▶ _Exercise objective_
A stretch of the entries below is to be set down exactly, running from the line with "that of a send." through the line with "MOST_RECORDS → Puts", both included, and no other line.

▶ _Source records_
<<<<

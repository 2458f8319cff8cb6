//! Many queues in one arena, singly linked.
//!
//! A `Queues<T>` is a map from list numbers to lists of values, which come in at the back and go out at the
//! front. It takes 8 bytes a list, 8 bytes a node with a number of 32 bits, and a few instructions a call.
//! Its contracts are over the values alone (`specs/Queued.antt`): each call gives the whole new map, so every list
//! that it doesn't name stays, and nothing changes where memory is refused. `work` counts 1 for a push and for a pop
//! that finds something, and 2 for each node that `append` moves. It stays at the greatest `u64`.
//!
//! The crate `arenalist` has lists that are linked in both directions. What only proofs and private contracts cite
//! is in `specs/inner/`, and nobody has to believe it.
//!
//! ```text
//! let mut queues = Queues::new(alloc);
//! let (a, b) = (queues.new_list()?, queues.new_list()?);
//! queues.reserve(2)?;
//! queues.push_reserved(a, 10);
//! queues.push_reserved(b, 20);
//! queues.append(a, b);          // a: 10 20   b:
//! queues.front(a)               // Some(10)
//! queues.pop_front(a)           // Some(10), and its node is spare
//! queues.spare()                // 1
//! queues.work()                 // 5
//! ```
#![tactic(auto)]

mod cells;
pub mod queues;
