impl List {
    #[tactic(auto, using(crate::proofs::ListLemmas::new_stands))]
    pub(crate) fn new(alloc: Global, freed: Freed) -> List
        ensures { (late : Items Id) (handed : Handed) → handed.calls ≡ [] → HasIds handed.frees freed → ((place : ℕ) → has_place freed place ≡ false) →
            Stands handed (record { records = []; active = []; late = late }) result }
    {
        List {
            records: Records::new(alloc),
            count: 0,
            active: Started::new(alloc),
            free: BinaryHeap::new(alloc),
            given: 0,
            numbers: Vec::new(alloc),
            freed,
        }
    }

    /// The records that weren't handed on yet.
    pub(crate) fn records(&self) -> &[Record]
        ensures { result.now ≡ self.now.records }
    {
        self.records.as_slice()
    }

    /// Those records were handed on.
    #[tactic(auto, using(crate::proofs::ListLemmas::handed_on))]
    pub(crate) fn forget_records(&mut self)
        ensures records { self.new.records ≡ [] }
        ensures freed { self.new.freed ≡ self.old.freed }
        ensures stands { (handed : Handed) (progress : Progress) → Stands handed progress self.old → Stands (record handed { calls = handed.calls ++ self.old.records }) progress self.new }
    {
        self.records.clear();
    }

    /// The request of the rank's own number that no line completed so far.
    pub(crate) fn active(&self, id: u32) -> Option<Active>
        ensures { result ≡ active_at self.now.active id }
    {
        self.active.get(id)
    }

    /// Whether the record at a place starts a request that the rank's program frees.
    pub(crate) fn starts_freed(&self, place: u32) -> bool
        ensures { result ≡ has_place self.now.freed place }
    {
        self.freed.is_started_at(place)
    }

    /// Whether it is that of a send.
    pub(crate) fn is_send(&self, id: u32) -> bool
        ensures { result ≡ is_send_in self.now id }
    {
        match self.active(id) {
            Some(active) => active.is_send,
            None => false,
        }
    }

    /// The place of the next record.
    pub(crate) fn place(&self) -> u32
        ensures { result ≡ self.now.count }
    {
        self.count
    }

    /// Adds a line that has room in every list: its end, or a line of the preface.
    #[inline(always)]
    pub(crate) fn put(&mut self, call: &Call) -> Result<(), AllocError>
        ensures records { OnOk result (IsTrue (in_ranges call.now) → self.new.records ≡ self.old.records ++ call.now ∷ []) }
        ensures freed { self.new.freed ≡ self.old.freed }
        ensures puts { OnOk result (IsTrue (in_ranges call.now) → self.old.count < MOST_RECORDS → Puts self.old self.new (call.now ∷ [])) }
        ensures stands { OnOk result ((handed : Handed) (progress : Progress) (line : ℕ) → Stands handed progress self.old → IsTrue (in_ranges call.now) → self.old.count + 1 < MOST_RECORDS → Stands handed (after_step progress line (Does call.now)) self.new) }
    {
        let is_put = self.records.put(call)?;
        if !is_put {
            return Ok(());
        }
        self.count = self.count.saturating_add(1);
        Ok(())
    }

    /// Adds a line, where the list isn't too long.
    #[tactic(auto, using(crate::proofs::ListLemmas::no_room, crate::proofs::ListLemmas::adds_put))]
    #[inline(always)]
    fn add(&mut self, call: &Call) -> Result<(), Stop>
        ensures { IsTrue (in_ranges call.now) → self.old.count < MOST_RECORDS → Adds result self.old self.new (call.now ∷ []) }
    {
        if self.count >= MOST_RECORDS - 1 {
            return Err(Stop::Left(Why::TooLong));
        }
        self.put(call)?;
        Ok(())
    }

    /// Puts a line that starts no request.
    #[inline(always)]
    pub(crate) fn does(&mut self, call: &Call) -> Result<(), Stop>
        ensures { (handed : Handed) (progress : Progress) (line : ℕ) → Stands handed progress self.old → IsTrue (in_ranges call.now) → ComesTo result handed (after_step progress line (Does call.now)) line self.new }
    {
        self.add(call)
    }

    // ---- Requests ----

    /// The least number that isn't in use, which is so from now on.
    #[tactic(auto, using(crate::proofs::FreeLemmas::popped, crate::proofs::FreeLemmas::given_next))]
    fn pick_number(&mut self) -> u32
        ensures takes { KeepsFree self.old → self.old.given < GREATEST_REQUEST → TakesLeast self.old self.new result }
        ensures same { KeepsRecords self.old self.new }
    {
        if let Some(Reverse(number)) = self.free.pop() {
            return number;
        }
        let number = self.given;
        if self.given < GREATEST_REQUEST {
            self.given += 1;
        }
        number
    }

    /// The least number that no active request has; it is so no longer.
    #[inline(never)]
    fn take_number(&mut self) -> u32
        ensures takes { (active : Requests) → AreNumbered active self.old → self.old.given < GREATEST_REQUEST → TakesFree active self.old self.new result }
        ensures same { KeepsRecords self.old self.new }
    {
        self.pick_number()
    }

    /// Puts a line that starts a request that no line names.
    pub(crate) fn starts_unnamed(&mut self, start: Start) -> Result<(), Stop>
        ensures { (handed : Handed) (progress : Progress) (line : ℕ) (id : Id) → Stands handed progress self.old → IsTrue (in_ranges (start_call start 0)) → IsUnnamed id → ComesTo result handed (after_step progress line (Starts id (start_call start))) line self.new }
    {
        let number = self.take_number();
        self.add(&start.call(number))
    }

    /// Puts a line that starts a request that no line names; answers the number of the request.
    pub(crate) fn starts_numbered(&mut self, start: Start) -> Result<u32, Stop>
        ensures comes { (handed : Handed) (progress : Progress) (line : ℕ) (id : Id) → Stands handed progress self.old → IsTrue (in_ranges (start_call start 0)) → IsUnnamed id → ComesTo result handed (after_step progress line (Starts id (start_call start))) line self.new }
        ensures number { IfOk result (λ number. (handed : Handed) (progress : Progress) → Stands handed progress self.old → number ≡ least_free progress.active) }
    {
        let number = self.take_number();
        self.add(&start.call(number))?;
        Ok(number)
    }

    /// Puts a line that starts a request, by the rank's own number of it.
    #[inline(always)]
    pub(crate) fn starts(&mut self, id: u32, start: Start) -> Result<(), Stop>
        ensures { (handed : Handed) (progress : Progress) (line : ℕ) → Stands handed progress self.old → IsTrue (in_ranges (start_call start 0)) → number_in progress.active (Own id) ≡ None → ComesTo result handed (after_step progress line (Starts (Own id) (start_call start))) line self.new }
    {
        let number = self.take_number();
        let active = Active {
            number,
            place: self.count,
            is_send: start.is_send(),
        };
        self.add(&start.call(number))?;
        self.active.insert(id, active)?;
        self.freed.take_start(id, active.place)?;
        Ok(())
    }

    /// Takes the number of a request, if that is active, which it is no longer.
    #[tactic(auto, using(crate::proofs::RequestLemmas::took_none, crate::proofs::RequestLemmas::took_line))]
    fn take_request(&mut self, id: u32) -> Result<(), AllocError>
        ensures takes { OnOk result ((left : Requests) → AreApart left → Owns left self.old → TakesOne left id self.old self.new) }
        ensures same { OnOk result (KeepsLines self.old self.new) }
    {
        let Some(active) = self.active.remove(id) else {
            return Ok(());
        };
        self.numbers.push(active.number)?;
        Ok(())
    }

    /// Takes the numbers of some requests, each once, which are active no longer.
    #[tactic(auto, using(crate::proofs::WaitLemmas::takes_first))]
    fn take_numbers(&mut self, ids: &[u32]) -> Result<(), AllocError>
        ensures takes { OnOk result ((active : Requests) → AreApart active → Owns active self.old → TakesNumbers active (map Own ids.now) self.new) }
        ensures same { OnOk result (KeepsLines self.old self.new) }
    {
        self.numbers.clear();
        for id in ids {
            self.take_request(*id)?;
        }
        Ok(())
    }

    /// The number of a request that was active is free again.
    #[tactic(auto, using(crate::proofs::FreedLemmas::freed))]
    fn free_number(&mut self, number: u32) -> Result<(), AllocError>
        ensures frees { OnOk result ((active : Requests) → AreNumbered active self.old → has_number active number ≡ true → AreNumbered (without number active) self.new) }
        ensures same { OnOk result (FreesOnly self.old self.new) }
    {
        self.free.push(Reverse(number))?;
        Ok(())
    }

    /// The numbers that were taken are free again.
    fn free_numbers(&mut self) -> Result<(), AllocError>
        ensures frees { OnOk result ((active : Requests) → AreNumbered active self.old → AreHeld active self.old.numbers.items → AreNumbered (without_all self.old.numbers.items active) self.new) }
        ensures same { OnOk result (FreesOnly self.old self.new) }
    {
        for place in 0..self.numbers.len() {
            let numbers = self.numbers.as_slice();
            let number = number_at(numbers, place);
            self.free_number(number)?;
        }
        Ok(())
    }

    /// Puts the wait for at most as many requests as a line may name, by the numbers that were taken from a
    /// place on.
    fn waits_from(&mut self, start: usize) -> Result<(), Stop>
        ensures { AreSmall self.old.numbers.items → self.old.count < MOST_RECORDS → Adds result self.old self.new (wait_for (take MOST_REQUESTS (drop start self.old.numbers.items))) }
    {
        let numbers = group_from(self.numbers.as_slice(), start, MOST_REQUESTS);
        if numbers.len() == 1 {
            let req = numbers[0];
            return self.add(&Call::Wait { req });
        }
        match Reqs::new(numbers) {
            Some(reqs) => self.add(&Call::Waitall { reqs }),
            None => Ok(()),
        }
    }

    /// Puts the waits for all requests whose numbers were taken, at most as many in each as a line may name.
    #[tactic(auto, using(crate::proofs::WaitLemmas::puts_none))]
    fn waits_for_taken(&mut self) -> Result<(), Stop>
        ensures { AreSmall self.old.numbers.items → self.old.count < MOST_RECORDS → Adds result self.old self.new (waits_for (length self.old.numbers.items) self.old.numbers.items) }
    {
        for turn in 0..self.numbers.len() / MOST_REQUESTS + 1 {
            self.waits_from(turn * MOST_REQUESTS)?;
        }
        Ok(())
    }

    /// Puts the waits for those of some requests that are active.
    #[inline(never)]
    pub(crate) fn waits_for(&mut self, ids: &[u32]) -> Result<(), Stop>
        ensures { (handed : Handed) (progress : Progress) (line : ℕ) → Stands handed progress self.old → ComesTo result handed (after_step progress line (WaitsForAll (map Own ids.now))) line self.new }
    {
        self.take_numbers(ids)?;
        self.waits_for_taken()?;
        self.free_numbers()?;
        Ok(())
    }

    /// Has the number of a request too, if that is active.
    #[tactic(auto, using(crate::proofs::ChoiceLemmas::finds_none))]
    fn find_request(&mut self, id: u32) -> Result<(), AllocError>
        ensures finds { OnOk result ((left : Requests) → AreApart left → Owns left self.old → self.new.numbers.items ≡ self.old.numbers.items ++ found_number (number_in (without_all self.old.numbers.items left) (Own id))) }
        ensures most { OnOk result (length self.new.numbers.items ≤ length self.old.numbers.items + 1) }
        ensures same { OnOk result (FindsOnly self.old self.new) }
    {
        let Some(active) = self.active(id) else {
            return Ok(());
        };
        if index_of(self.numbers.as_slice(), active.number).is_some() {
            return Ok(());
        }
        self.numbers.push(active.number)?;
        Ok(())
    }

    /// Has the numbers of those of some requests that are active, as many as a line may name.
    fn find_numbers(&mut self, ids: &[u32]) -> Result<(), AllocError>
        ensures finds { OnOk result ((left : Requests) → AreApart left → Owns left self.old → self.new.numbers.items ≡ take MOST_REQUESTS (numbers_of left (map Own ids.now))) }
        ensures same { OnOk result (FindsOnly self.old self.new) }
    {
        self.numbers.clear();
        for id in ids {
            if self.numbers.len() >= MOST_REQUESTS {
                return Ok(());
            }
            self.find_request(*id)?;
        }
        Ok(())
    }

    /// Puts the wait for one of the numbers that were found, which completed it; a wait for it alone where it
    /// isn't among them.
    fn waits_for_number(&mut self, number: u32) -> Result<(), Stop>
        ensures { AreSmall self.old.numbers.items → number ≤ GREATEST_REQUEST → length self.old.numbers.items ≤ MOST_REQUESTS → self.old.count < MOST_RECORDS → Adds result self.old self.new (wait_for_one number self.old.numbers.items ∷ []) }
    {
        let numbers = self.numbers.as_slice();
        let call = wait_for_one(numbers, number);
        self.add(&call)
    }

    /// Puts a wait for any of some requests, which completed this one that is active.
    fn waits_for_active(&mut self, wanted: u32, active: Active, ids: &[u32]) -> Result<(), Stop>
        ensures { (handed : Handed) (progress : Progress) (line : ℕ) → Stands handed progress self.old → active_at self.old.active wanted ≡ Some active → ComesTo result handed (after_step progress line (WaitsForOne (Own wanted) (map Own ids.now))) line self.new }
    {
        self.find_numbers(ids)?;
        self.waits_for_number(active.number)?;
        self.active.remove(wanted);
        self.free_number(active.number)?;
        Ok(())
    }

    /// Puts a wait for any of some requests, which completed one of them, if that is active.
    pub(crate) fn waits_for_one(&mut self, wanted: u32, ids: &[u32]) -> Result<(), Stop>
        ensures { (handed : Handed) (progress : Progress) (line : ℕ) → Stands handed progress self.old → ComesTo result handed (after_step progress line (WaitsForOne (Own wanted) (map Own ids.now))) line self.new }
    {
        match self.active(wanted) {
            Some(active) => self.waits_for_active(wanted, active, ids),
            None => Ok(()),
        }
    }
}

>>>>

▶ _Response_
    /// Whether it is that of a send.
    pub(crate) fn is_send(&self, id: u32) -> bool
        ensures { result ≡ is_send_in self.now id }
    {
        match self.active(id) {
            Some(active) => active.is_send,
            None => false,
        }
    }

    /// The place of the next record.
    pub(crate) fn place(&self) -> u32
        ensures { result ≡ self.now.count }
    {
        self.count
    }

    /// Adds a line that has room in every list: its end, or a line of the preface.
    #[inline(always)]
    pub(crate) fn put(&mut self, call: &Call) -> Result<(), AllocError>
        ensures records { OnOk result (IsTrue (in_ranges call.now) → self.new.records ≡ self.old.records ++ call.now ∷ []) }
        ensures freed { self.new.freed ≡ self.old.freed }
        ensures puts { OnOk result (IsTrue (in_ranges call.now) → self.old.count < MOST_RECORDS → Puts self.old self.new (call.now ∷ [])) }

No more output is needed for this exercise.